A personal and unorthodox approach

Marko Skreb,
January 2018


Ever since I started working in the area of Technical Assistance (TA) I have sometimes felt like a salesperson knocking on door to door and offering gadgets that no one actually wants. I have always wondered about that. Considering that TA is usually free of charge for the authorities and that it is supposed to be “demand driven”, the problem should lie in its insufficient supply, rather than in the lack of demand for it. There are different definitions of TA. Here is the definition by the UNESCO, which can also be applied to the economic area: “Technical assistance is non-financial assistance provided by local or international specialists. It can take the form of sharing information and expertise, instruction, skills training, transmission of working knowledge, and consulting services and may also involve the transfer of technical data. The aim of technical assistance is to maximize the quality of project implementation and impact by supporting administration, management, policy development, capacity building, etc. The technical assistance focuses on particular needs and priorities identified by the beneficiary country …”
Technical assistance is typically in the business of on-the-ground capacity development, which is defined as:”… the process of strengthening the abilities of individuals, organizations and societies to make effective use of the resources, in order to achieve their own goals on a sustainable basis.”

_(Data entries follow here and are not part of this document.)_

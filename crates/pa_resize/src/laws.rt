ghost use Rattle.pa_resize.specs.Keeping.{MovesKeep, OthersStay, SpareStaysFree};

/// The law of what a move leaves. The register owns another slot, which contains what the old one did when it was looked at, and the old
/// one was returned by its free. Every other register, and each cell, is as before.
pub fn moves_keep()
    ensures { MovesKeep }
{}

/// The law that a resize with any verdict but a move's leaves every register, each cell and each slot's word as they were.
pub fn others_stay()
    ensures { OthersStay }
{}

/// The law that between any two lines of a script register 63 of each thread and cell 63 have nothing, as `moves_keep` asks.
pub fn spare_stays_free()
    ensures { SpareStaysFree }
{}
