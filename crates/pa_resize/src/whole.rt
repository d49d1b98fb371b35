ghost use Rattle.std.specs.Prelude.{◌≡◌, ◌++◌, IfOk, IfErr, OnOk};
ghost use Rattle.pa_trace.specs.Limits.{IsWithinLimits};
ghost use Rattle.pa_record.specs.RunText.{IsPrintable};
ghost use Rattle.pa_core_run.specs.Playing.{HasCoreRun};
ghost use Rattle.pa_script.specs.Faults.{IsScriptFault};
ghost use Rattle.pa_script.specs.Limits.{IsScriptWithin};
ghost use Rattle.pa_model.specs.Player.{IsNew};
ghost use Rattle.pa_resize.specs.Expansion.{IsExpanded, IsInputExpanded, verdict_noted};
ghost use Rattle.pa_resize.specs.Playing.{IsScriptPlayed, script_head};

use crate::lines::play_line;
use crate::verdict::Verdict;
use pa_model::Player;
use pa_player::{Output, Told};
use pa_record::Run;
use pa_script::{MOST_SCRIPT_LINES, Script, ScriptReader};
use pa_slot::OutOfMemory;
use pa_trace::{Head, Trace, TraceFault};
use pa_trace_writer::{Keeper, Kept};
use std::alloc::Global;

// A resize becomes at most this many lines of a trace: memory for their records is reserved ahead.
const LINES: usize = 6;

// Few bytes for a line of a script.
const LINE: usize = 8;

/// What a script comes to: a trace, its run in the order of its lines, and the verdict of each resize with the number of its
/// line in the script, whose head is line 1.
#[derive(Drop)]
pub struct Expanded {
    pub trace: Trace,
    pub run: Run,
    pub verdicts: Vec<(u32, Verdict)>,
}

/// The text of the trace that a script comes to, and that of its run in the order of its lines.
#[derive(Drop)]
pub struct ExpandedText {
    pub trace: Vec<u8>,
    pub run: Vec<u8>,
}

/// Plays a script, whose resizes become ops as it is played. A line of a trace is itself. A resize of what a register owns is a look at
/// the object. If no `raw_ptr` points to it, and a slot for the size has another length, it is moved to one in the same partition, if
/// there is room. Out of memory is the only error.
pub fn expand(alloc: Global, script: &Script) -> Result<Expanded, OutOfMemory>
    requires { IsScriptWithin script.now }
    ensures expanded { IfOk result (λ e. IsExpanded script.now e.trace e.run e.verdicts.items) }
    ensures within { IfOk result (λ e. IsWithinLimits e.trace) }
    ensures core { IfOk result (λ e. HasCoreRun e.trace e.run) }
    ensures printable { IfOk result (λ e. IsPrintable e.run) }
{
    let head = Head {
        version: 1,
        region: script.region,
        partitions: script.partitions,
        threads: script.threads,
        plain: 0,
    };
    let mut player = Player::new(alloc, head)?;
    let verdicts = play_all(alloc, script, &mut player)?;
    let (trace, run) = player.finish_traced()?;
    Ok(Expanded {
        trace,
        run,
        verdicts,
    })
}

/// Plays the script whose text the bytes are in the same way, each line as soon as it is read, and returns the texts of its trace and
/// of its run, which are printed as it is played. Bytes are refused with the fault with which `read_script` refuses them.
pub fn expand_input(alloc: Global, bytes: &[u8]) -> Result<ExpandedText, TraceFault>
    ensures expanded { IfOk result (λ e. IsInputExpanded bytes.now e.trace.items e.run.items) }
    ensures fault { IfErr result (λ e. IsScriptFault e bytes.now) }
{
    let mut reader = ScriptReader::of(bytes)?;
    let lines = (bytes.len() / LINE).min(MOST_SCRIPT_LINES as usize);
    let mut player = Player::printing(alloc, reader.head(), LINES * lines)?;
    while let Some(line) = reader.next()? {
        play_line(&mut player, line)?;
    }
    let (trace, run) = player.finish_printed()?;
    Ok(ExpandedText { trace, run })
}

// Plays all lines of a script, before which there were none. Returns the verdicts.
fn play_all<O: Output, K: Keeper>(
    alloc: Global,
    script: &Script,
    player: &mut Player<Told<O>, Kept<K>>,
) -> Result<Vec<(u32, Verdict)>, OutOfMemory>
    requires within { IsScriptWithin script.now }
    requires new { IsNew (script_head script.now) player.old }
    ensures { IfOk result (λ verdicts. IsScriptPlayed (script_head script.now) script.now.lines player.new verdicts.items) }
{
    let mut verdicts = Vec::new(alloc);
    let mut number: u32 = 2;
    for line in script.lines.as_slice() {
        let verdict = play_line(player, *line)?;
        note(&mut verdicts, number, verdict)?;
        number += 1;
    }
    Ok(verdicts)
}

// Appends the verdict of a line, if it has one.
fn note(
    verdicts: &mut Vec<(u32, Verdict)>,
    number: u32,
    verdict: Option<Verdict>,
) -> Result<(), OutOfMemory>
    ensures { OnOk result (verdicts.new.items ≡ verdicts.old.items ++ verdict_noted number verdict) }
{
    if let Some(verdict) = verdict {
        verdicts.push((number, verdict))?;
    }
    Ok(())
}
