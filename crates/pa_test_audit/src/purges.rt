use crate::heap::{FREE, First, first_of, numbered, record, roots_of, seen, took};
use pa_buckets::Class;
use pa_dense::DenseJournal;
use pa_record::{Answer, Batch, RootAct, RootEntry};
use pa_rules::Played;
use pa_trace::Op;
use std::alloc::Global;
use std::test::Fail;

// The worked run of a purge: eight slots of this class, of 16 bytes, that leave the root, come back and leave it again, the first
// of them at the number 2. The last slot that comes back starts at `back`, the last slot of the second fill at `last`.
pub(crate) fn purge_roots(
    alloc: Global,
    class: u32,
    back: u32,
    last: u32,
) -> Result<Vec<DenseJournal>, Fail> {
    let class = Class::of(class).ok_or("no such class")?;
    let mut entries = Vec::new(alloc);
    entries.push(RootEntry {
        line: 2,
        act: RootAct::Fill {
            class,
            pool: Some(0),
            slots: row(0, 0x4070),
        },
    })?;
    entries.push(RootEntry {
        line: 4,
        act: RootAct::Give {
            slots: row(2, back),
        },
    })?;
    entries.push(RootEntry {
        line: 4,
        act: RootAct::Purge,
    })?;
    entries.push(RootEntry {
        line: 5,
        act: RootAct::Fill {
            class,
            pool: None,
            slots: row(2, last),
        },
    })?;
    Ok(roots_of(alloc, entries)?)
}

// Eight slots of 16 bytes. The first is at this number, and the last one starts at this byte.
fn row(number: u64, last: u32) -> Batch {
    let mut batch = Batch::new();
    batch.push(numbered(0x4000, 0, number));
    batch.push(numbered(0x4010, 0, 0));
    batch.push(numbered(0x4020, 0, 0));
    batch.push(numbered(0x4030, 0, 0));
    batch.push(numbered(0x4040, 0, 0));
    batch.push(numbered(0x4050, 0, 0));
    batch.push(numbered(0x4060, 0, 0));
    batch.push(numbered(last, 0, 0));
    batch
}

pub(crate) fn purge_records(size: u32) -> [Played; 4] {
    let alloc = Op::Alloc {
        reg: 0,
        partition: 0,
        size,
    };
    let made = |word: u64| Answer::Made {
        seen: seen(0x4000, 0, word),
        usable: 8,
    };
    let freed = Answer::Done {
        seen: seen(0x4000, 0, 0x1000001),
    };
    [
        record(2, alloc, made(0)),
        record(3, FREE, freed),
        record(4, Op::Purge, Answer::Purged { slots: 8 }),
        record(5, alloc, made(0x2000000)),
    ]
}

#[test]
fn a_purge_meets_all(rt: HostRuntime) -> Result<(), Fail> {
    let alloc = rt.alloc();
    let roots = purge_roots(alloc, 0, 0x4070, 0x4070)?;
    let first = first_of(alloc, 1, 1, &purge_records(8), &[took(2, Some(0))], &roots)?;
    assert!(rt; first == First::Nowhere);
    Ok(())
}

// A slot that comes back twice at once, and one that isn't out.
#[test]
fn slots_that_cannot_come_back(rt: HostRuntime) -> Result<(), Fail> {
    let alloc = rt.alloc();
    let pools = [took(2, Some(0))];
    let twice = purge_roots(alloc, 0, 0x4060, 0x4070)?;
    let first = first_of(alloc, 1, 1, &purge_records(8), &pools, &twice)?;
    assert!(rt; first == First::Root(0, 1));
    let not_out = purge_roots(alloc, 0, 0x4080, 0x4070)?;
    let first = first_of(alloc, 1, 1, &purge_records(8), &pools, &not_out)?;
    assert!(rt; first == First::Root(0, 1));
    Ok(())
}

// A fill whose last slot is a wrong one.
#[test]
fn a_fill_of_another_slot(rt: HostRuntime) -> Result<(), Fail> {
    let alloc = rt.alloc();
    let roots = purge_roots(alloc, 0, 0x4070, 0x4080)?;
    let first = first_of(alloc, 1, 1, &purge_records(8), &[took(2, Some(0))], &roots)?;
    assert!(rt; first == First::Root(0, 3));
    Ok(())
}

// Requests of the next class, whose line's op doesn't make such a fill.
#[test]
fn a_fill_of_another_class(rt: HostRuntime) -> Result<(), Fail> {
    let alloc = rt.alloc();
    let roots = purge_roots(alloc, 0, 0x4070, 0x4070)?;
    let first = first_of(alloc, 1, 1, &purge_records(9), &[took(2, Some(0))], &roots)?;
    assert!(rt; first == First::Root(0, 0));
    Ok(())
}

// A journal of a partition that the trace doesn't have.
#[test]
fn a_partition_too_many(rt: HostRuntime) -> Result<(), Fail> {
    let alloc = rt.alloc();
    let roots = purge_roots(alloc, 0, 0x4070, 0x4070)?;
    let first = first_of(alloc, 1, 0, &purge_records(8), &[took(2, Some(0))], &roots)?;
    assert!(rt; first == First::Root(0, 0));
    Ok(())
}
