ghost use Rattle.std.specs.Prelude.{◌≡◌, ◌<◌, All, IsTrue, length};
ghost use Rattle.pa_audit.specs.Lined.{HasLines32};

use pa_audit::audit;
use pa_record::{History, Journal, Run};
use pa_rules::{Clause, Verdict};
use pa_run_reader::read_run;
use pa_slot::OutOfMemory;
use pa_trace::read_trace;
use std::alloc::Global;

// The verdict on a run of a trace, and none if one of the texts isn't read, or if it runs out of memory.
fn tell(alloc: Global, trace: &[u8], run: &[u8]) -> Option<Verdict> {
    let Ok(trace) = read_trace(alloc, trace) else {
        return None;
    };
    if run.len() >= 10000 {
        return None;
    }
    let Ok(run) = read_run(alloc, run) else {
        return None;
    };
    if !is_short(&run) {
        return None;
    }
    match audit(alloc, &trace, &run) {
        Ok(verdict) => Some(verdict),
        Err(OutOfMemory) => None,
    }
}

// Whether each list of the run has fewer than 1,000 members.
fn is_short(run: &Run) -> bool
    requires roots { length run.now.roots.items ≡ 4 }
    requires cells { length run.now.cells.items ≡ 64 }
    ensures { IsTrue result → HasLines32 run.now }
{
    if run.entries.len() >= 1000 {
        return false;
    }
    if run.pool.len() >= 1000 {
        return false;
    }
    if run.report.len() >= 1000 {
        return false;
    }
    if !are_short_journals(run.roots.as_slice()) {
        return false;
    }
    are_short_histories(run.cells.as_slice())
}

fn are_short_journals(roots: &[Journal]) -> bool
    ensures { IsTrue result → All (λ es. length es < 1000) roots.now }
{
    for journal in roots {
        if journal.entries().len() >= 1000 {
            return false;
        }
    }
    true
}

fn are_short_histories(cells: &[History]) -> bool
    ensures { IsTrue result → All (λ es. length es < 1000) cells.now }
{
    for history in cells {
        if history.entries().len() >= 1000 {
            return false;
        }
    }
    true
}

// The text of a run of these lines.
fn text(alloc: Global, lines: &[&[u8]]) -> Result<Vec<u8>, OutOfMemory> {
    let mut text = Vec::new(alloc);
    for line in lines {
        text.extend_from_slice(line)?;
    }
    Ok(text)
}

// The verdict on a run of these lines.
pub(crate) fn told_of(alloc: Global, trace: &[u8], lines: &[&[u8]]) -> Option<Verdict> {
    match text(alloc, lines) {
        Ok(run) => tell(alloc, trace, run.as_slice()),
        Err(OutOfMemory) => None,
    }
}

// A slot of class 0 is made and freed: the trace, and the lines of its run.
const TRACE: &[u8] = b"trace 1 region 1 partitions 1 threads 1
0 A r0 p0 1
0 F r0
";

const RUN: &[u8] = b"run 1
";

const MADE: &[u8] = b"e 2 0 made 00004000.0 8 0000000000000000
";

const FREED: &[u8] = b"e 3 0 done 00004000.0 0000000001000001
";

const FILL: &[u8] =
    b"r 0 0 2 fill 0 0 00004000.0@0 00004010.0@0 00004020.0@0 00004030.0@0 00004040.0@0 00004050.0@0 00004060.0@0 00004070.0@0
";

const TAKE: &[u8] = b"p 0 2 0 take 1 0
";

const END: &[u8] =
    b"s 1 0 live 0 0 quarantined 0 0 cached 8 128 root 248 3968 committed 4096 reserved 2097152 full 0 active 1 empty 0 decommitted 0
end
";

#[test]
fn a_run_is_legal(rt: HostRuntime) {
    let alloc = rt.alloc();
    let found = told_of(alloc, TRACE, &[RUN, MADE, FREED, FILL, TAKE, END]);
    assert!(rt; found == Some(Verdict::Legal));
}

#[test]
fn a_record_is_missing(rt: HostRuntime) {
    let alloc = rt.alloc();
    let found = told_of(alloc, TRACE, &[RUN, MADE, FILL, TAKE, END]);
    assert!(rt; found == Some(Verdict::Broken(Clause::Lines, 3)));
}

#[test]
fn a_usable_number_is_another(rt: HostRuntime) {
    let alloc = rt.alloc();
    let made = b"e 2 0 made 00004000.0 16 0000000000000000
";
    let found = told_of(alloc, TRACE, &[RUN, made, FREED, FILL, TAKE, END]);
    assert!(rt; found == Some(Verdict::Broken(Clause::Registers, 2)));
}

#[test]
fn a_word_is_none_of_the_slots(rt: HostRuntime) {
    let alloc = rt.alloc();
    let freed = b"e 3 0 done 00004000.0 0000000002000001
";
    let found = told_of(alloc, TRACE, &[RUN, MADE, freed, FILL, TAKE, END]);
    assert!(rt; found == Some(Verdict::Broken(Clause::Slots, 3)));
}

#[test]
fn a_take_gets_the_second_super_page(rt: HostRuntime) {
    let alloc = rt.alloc();
    let take = b"p 0 2 0 take 1 1
";
    let found = told_of(alloc, TRACE, &[RUN, MADE, FREED, FILL, take, END]);
    assert!(rt; found == Some(Verdict::Broken(Clause::Pool, 5)));
}

#[test]
fn a_fill_names_its_slots_in_another_order(rt: HostRuntime) {
    let alloc = rt.alloc();
    let fill =
        b"r 0 0 2 fill 0 0 00004000.0@0 00004020.0@0 00004010.0@0 00004030.0@0 00004040.0@0 00004050.0@0 00004060.0@0 00004070.0@0
";
    let found = told_of(alloc, TRACE, &[RUN, MADE, FREED, fill, TAKE, END]);
    assert!(rt; found == Some(Verdict::Broken(Clause::Roots, 4)));
}

#[test]
fn a_slot_is_made_that_no_thread_has(rt: HostRuntime) {
    let alloc = rt.alloc();
    let fill =
        b"r 0 0 2 fill 0 0 00004000.0@1 00004010.0@0 00004020.0@0 00004030.0@0 00004040.0@0 00004050.0@0 00004060.0@0 00004070.0@0
";
    let found = told_of(alloc, TRACE, &[RUN, MADE, FREED, fill, TAKE, END]);
    assert!(rt; found == Some(Verdict::Broken(Clause::Holders, 2)));
}

#[test]
fn a_slot_goes_back_at_a_number_where_it_is_not_free(rt: HostRuntime) {
    let alloc = rt.alloc();
    let give = b"r 0 1 3 give 00004000.0@7
";
    let found = told_of(alloc, TRACE, &[RUN, MADE, FREED, FILL, give, TAKE, END]);
    assert!(rt; found == Some(Verdict::Broken(Clause::Holders, 5)));
}

#[test]
fn a_slot_goes_back_that_the_list_keeps(rt: HostRuntime) {
    let alloc = rt.alloc();
    let give = b"r 0 1 3 give 00004000.0@2
";
    let found = told_of(alloc, TRACE, &[RUN, MADE, FREED, FILL, give, TAKE, END]);
    assert!(rt; found == Some(Verdict::Broken(Clause::Caches, 3)));
}

#[test]
fn an_exchange_finds_what_none_gave(rt: HostRuntime) {
    let alloc = rt.alloc();
    let trace = b"trace 1 region 1 partitions 1 threads 1
0 X c0 r0
";
    let swapped = b"e 2 0 swapped 0
";
    let exchange = b"c 0 0 2 - own:00004000.0
";
    let found = told_of(alloc, trace, &[RUN, swapped, exchange, END]);
    assert!(rt; found == Some(Verdict::Broken(Clause::Cells, 3)));
}

#[test]
fn a_record_names_an_exchange_that_is_not_there(rt: HostRuntime) {
    let alloc = rt.alloc();
    let trace = b"trace 1 region 1 partitions 1 threads 1
0 X c0 r0
";
    let swapped = b"e 2 0 swapped 1
";
    let exchange = b"c 0 0 2 - -
";
    let found = told_of(alloc, trace, &[RUN, swapped, exchange, END]);
    assert!(rt; found == Some(Verdict::Broken(Clause::Cells, 2)));
}

#[test]
fn a_read_gives_what_a_refused_write_brought(rt: HostRuntime) {
    let alloc = rt.alloc();
    let trace = b"trace 1 region 1 partitions 1 threads 1
0 A r0 p0 1
0 W r0 0000000000000005
0 C r0 r1
0 W r0 0000000000000006
0 D r1 0
";
    let records = b"e 3 0 done 00004000.0 0000000001000001
e 4 0 done 00004000.0 0000000002000001
e 5 0 shared 00004000.0 0000000003000003
e 6 0 word 00004000.0 0000000003000003 0000000000000006
";
    let found = told_of(alloc, trace, &[RUN, MADE, records, FILL, TAKE, END]);
    assert!(rt; found == Some(Verdict::Broken(Clause::Contents, 6)));
}

#[test]
fn a_read_sees_less_than_a_copy_of_the_phase_before_left(rt: HostRuntime) {
    let alloc = rt.alloc();
    let trace = b"trace 1 region 1 partitions 1 threads 1
0 A r0 p0 1
0 C r0 r1
phase
0 D r0 0
";
    let records = b"e 3 0 done 00004000.0 0000000001000001
e 5 0 word 00004000.0 0000000001000001 0000000000000000
";
    let found = told_of(alloc, trace, &[RUN, MADE, records, FILL, TAKE, END]);
    assert!(rt; found == Some(Verdict::Broken(Clause::Seen, 4)));
}

#[test]
fn a_report_tells_a_slot_less(rt: HostRuntime) {
    let alloc = rt.alloc();
    let end =
        b"s 1 0 live 0 0 quarantined 0 0 cached 7 112 root 248 3968 committed 4096 reserved 2097152 full 0 active 1 empty 0 decommitted 0
end
";
    let found = told_of(alloc, TRACE, &[RUN, MADE, FREED, FILL, TAKE, end]);
    assert!(rt; found == Some(Verdict::Broken(Clause::Report, 6)));
}

#[test]
fn a_line_of_the_report_is_missing(rt: HostRuntime) {
    let alloc = rt.alloc();
    let end = b"end
";
    let found = told_of(alloc, TRACE, &[RUN, MADE, FREED, FILL, TAKE, end]);
    assert!(rt; found == Some(Verdict::Broken(Clause::Report, 6)));
}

Admittedly, my overall experience with providing TA in different countries (mostly in Europe and Africa) has been extremely positive and rewarding, but in a few cases and countries (which I will not name) I felt redundant. This text is about such experiences. It is not supposed to be a thorough evaluation of TA, but rather a personal account. You may call it a case study of some negative experiences, which also makes an effort to suggest some improvements in TA efficiency. I have no doubts about the usefulness of TA or capacity development in general. What I would like to do is nudge TA donors, providers and recipients (i.e. all stakeholders) to think outside the box about how to make this important function more effective.